> What to produce
Look through the listing for the string "ready" and copy out every line that holds it.

> Data extracts

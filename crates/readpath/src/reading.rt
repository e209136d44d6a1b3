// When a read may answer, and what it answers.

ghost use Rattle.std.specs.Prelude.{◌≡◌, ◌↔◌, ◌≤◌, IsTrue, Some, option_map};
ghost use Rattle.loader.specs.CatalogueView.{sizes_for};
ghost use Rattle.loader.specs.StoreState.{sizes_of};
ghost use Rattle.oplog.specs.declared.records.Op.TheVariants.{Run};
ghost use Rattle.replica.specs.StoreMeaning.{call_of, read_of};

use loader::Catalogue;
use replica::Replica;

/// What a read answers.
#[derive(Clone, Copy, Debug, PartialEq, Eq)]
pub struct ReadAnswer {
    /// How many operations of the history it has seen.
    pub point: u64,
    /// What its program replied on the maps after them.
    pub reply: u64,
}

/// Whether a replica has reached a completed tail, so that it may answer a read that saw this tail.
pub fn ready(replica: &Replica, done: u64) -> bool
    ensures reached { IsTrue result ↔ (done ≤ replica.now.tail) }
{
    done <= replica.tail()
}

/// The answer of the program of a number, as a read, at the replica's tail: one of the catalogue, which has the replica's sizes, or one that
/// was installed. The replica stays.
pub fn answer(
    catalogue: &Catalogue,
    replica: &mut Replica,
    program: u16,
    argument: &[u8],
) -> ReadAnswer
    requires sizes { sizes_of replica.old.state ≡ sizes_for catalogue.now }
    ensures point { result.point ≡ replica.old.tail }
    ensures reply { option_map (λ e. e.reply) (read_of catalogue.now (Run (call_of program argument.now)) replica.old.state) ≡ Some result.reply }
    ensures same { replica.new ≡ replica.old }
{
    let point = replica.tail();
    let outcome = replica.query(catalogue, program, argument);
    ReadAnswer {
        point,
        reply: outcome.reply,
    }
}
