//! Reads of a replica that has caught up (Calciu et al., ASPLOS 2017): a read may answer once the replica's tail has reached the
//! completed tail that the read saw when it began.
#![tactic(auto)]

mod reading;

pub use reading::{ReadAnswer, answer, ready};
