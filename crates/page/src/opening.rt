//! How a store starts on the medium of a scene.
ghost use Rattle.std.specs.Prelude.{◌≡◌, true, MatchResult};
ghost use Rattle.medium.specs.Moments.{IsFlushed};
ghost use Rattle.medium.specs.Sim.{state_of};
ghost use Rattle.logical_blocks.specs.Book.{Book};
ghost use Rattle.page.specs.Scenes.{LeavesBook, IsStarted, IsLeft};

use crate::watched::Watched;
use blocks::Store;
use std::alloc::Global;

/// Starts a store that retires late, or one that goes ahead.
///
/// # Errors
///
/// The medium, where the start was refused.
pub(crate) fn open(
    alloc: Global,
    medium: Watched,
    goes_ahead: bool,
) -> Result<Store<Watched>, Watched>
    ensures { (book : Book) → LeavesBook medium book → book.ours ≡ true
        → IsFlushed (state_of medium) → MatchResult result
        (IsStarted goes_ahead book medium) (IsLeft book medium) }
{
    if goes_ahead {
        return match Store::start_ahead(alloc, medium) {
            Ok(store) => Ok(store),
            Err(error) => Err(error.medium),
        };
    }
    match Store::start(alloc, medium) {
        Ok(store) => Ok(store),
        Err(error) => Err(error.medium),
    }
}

---

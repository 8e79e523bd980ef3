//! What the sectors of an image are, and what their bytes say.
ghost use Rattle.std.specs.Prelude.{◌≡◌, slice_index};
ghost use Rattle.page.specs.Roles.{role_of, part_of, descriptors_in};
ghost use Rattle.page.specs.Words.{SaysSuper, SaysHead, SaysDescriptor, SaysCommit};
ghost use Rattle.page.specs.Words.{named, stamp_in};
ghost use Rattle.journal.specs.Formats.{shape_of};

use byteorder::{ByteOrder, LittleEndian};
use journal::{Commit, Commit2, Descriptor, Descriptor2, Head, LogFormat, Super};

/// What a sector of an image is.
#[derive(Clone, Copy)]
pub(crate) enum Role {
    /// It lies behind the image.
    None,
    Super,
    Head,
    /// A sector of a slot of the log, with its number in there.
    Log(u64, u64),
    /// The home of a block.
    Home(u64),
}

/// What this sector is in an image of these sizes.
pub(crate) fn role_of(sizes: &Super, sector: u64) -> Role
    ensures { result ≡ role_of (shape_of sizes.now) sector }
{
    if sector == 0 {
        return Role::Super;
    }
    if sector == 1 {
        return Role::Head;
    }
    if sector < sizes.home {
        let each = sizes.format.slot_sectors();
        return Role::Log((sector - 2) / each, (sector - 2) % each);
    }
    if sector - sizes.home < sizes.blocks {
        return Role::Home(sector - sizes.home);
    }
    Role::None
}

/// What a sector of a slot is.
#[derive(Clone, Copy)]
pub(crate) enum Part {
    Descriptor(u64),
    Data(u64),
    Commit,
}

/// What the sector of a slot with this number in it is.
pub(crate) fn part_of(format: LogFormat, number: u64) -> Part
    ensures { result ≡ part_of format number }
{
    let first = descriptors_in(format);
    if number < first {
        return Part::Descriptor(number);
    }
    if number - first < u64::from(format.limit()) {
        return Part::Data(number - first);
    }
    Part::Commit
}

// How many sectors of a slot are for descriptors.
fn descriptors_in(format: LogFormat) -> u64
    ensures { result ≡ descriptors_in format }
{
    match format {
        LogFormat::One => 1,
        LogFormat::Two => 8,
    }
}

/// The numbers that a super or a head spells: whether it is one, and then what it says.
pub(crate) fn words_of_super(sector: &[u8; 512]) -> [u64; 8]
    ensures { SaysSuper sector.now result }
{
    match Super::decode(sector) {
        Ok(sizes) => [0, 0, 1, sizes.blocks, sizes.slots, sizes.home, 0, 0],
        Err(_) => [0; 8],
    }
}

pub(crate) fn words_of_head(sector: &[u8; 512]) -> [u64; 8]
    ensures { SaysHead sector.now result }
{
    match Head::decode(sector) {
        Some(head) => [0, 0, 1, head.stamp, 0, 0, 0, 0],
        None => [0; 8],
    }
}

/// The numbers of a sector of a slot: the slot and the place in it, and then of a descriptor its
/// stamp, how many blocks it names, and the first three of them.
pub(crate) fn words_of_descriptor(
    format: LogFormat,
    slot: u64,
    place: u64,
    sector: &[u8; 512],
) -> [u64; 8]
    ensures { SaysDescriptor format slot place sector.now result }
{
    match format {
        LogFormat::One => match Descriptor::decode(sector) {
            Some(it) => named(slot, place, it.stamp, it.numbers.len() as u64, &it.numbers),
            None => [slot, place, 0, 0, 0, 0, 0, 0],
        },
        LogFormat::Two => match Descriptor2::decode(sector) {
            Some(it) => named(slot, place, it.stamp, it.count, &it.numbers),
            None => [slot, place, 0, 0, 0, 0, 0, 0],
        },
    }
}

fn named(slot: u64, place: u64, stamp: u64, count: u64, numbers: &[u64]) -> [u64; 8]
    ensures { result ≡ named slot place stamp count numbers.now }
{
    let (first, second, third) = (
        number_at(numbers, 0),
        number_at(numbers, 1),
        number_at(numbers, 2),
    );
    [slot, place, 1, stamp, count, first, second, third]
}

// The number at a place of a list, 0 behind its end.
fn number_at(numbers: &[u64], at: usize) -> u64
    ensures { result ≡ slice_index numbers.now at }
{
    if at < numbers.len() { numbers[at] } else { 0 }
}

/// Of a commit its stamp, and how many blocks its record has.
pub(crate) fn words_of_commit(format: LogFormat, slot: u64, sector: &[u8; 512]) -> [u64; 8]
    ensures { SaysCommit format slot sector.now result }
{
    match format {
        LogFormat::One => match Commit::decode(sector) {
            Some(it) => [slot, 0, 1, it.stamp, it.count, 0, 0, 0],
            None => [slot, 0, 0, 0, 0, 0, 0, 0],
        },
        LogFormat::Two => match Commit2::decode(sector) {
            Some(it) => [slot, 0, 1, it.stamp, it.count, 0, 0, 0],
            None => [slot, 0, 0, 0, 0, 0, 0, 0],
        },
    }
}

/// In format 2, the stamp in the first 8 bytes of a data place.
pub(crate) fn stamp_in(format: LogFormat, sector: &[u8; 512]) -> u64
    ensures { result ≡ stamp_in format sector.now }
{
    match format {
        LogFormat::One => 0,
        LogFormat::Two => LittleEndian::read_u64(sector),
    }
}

> Response
pub fn ready(replica: &Replica, done: u64) -> bool
pub use reading::{ReadAnswer, answer, ready};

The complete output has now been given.